Anurag Kashyap watched a Bangladeshi film about a flooded village in Khulna last month. He wrote something on Letterboxd that he probably didn't expect to become international news. A few days later, he was attached as the film's global distributor. Delupi will now carry his name on every poster abroad, 'Anurag Kashyap Presents', which is the kind of thing that gets people curious about a film they'd otherwise never hear of.
The film deserved the attention before Kashyap's name showed up, and it still does now that the attention has arrived for the wrong reason.
Mohammad Tawkir Islam's debut, released quietly last November with little marketing, is set in a remote stretch of southern Khulna, where a village is cut off as floodwaters rise after a change in government.
On paper this reads like festival-circuit material, worthy, probably slow, easy to skip. It already played Rotterdam, in fact, before any of this Kashyap business started. But the premise undersells what the film actually does with its setting.
A young man named Partho, from a travelling jatra troupe, and his fraying relationship with a woman called Nupur- that's most of the plot.
There isn't a second plot underneath it building toward some larger reveal.
What Kashyap responded to, in his own comment, was how the film shows power working at a scale small enough that you'd almost miss it: a flooded courtyard, a rationed boat, someone deciding whose house gets reached first.
He wrote that it felt like watching a neighbouring village's actual life, not a story built for effect.
That's a specific kind of compliment, and it's earned.
Most films about displacement go wide, with aerial shots and a chorus of suffering meant to hit you all at once. Delupi stays inside the four or five relationships that make up the village and lets the flood sit in the background, present but not doing the emotional work.
The real subject is what the water reveals about people who had no power even before it arrived.
This is exactly why the film is worth two hours of anyone's time, whether or not the name Kashyap means anything to you. It doesn't ask you to know Bangladeshi politics or care about climate migration as an issue before you sit down.
It gives you two people and a boat and lets the stakes build from there, which is a harder trick than it sounds and one most films with far bigger budgets fail at.
If you've ever wondered what a flood actually does to a household beyond the water damage, what it does to who has to ask whom for help, and who gets to say no, this is the film that shows rather than explains it. There's no score swelling to tell you when to feel something.
You feel it, later, once you've noticed the boat scene again in your head.
The way Kashyap ended up watching it is its own small story.

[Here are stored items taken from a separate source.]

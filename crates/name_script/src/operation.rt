//! The operation of a name script.

ghost use Rattle.std.specs.Prelude.{◌≡◌, ◌↔◌, Some, IsNone};
ghost use Rattle.std.specs.Option.{option_map};
ghost use Rattle.name_script.specs.NameScript.{NameOperation, IsNameScript};
ghost use Rattle.name_script.specs.Reading.{new_at, firstupdate_at, update_at, name_op};
ghost use Rattle.name_script.specs.Seen.{seen_operation};

use crate::push::{ends_pushes, push_of};

/// OP_1.
const OP_NAME_NEW: u8 = 0x51;
/// OP_2.
const OP_NAME_FIRSTUPDATE: u8 = 0x52;
/// OP_3.
const OP_NAME_UPDATE: u8 = 0x53;

/// What a name script does (Namecoin's CNameScript). The fields are slices of the script, of any lengths.
#[derive(Clone, Copy, PartialEq, Eq, Debug)]
pub enum NameOp<'a> {
    /// Commits to a name, by the hash of a salt and the name.
    New {
        hash: &'a [u8],
    },
    /// Opens a name that was committed to, with the salt of that hash, and gives the name its first value.
    First {
        name: &'a [u8],
        rand: &'a [u8],
        value: &'a [u8],
    },
    /// Gives a name a new value.
    Update {
        name: &'a [u8],
        value: &'a [u8],
    },
}

fn new_of(script: &[u8]) -> Option<NameOp<'_>>
    ensures { option_map seen_operation result ≡ new_at script.now }
{
    let (hash, rest) = push_of(script)?;
    if !ends_pushes(rest) {
        return None;
    }
    Some(NameOp::New { hash })
}

fn first_of(script: &[u8]) -> Option<NameOp<'_>>
    ensures { option_map seen_operation result ≡ firstupdate_at script.now }
{
    let (name, rest) = push_of(script)?;
    let (rand, rest) = push_of(rest)?;
    let (value, rest) = push_of(rest)?;
    if !ends_pushes(rest) {
        return None;
    }
    Some(NameOp::First { name, rand, value })
}

fn update_of(script: &[u8]) -> Option<NameOp<'_>>
    ensures { option_map seen_operation result ≡ update_at script.now }
{
    let (name, rest) = push_of(script)?;
    let (value, rest) = push_of(rest)?;
    if !ends_pushes(rest) {
        return None;
    }
    Some(NameOp::Update { name, value })
}

#[tactic(auto, unfolding(crate::specs::Reading::name_op))]
fn operation_of(script: &[u8]) -> Option<NameOp<'_>>
    ensures { option_map seen_operation result ≡ name_op script.now }
{
    let (opcode, rest) = script.split_first()?;
    match *opcode {
        OP_NAME_NEW => new_of(rest),
        OP_NAME_FIRSTUPDATE => first_of(rest),
        OP_NAME_UPDATE => update_of(rest),
        _ => None,
    }
}

/// The operation of a name script: an opcode, as many whole pushes as the operation takes, a drop, and then
/// anything. Pushes need not be of the shortest form. Any other script is none, also one whose last push is cut.
pub fn read_name<'a>(script: &'a [u8]) -> Option<NameOp<'a>>
    // An operation is read exactly where the script is that operation's.
    ensures some { (operation : NameOperation)
        → (option_map seen_operation result ≡ Some operation) ↔ IsNameScript script.now operation }
    ensures none { IsNone result ↔ ((operation : NameOperation) → ¬ (IsNameScript script.now operation)) }
    // The same, by the reader on lists.
    ensures exact { option_map seen_operation result ≡ name_op script.now }
{
    operation_of(script)
}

Islam had hoped he'd catch it at Rotterdam. That didn't happen, so he just sent the film to Kashyap directly, no agent, no formal channel, just one filmmaker reaching another. It shouldn't have worked. It did. Kashyap didn't stop at praise; he moved to take on the film's international distribution, and there's talk of more collaboration between them down the line. However, neither side has said what yet.
None of this changes what's actually on screen, and maybe that's the point worth sitting with. A distribution deal gets a film into more theatres and more conversations, which matters for an independent Bangladeshi production trying to survive past its festival run. But nobody in that flooded courtyard knows their story is now attached to a Bollywood name. They're just trying to figure out who gets the boat first this time. Watch it before the marketing catches up to what the film already knows about itself.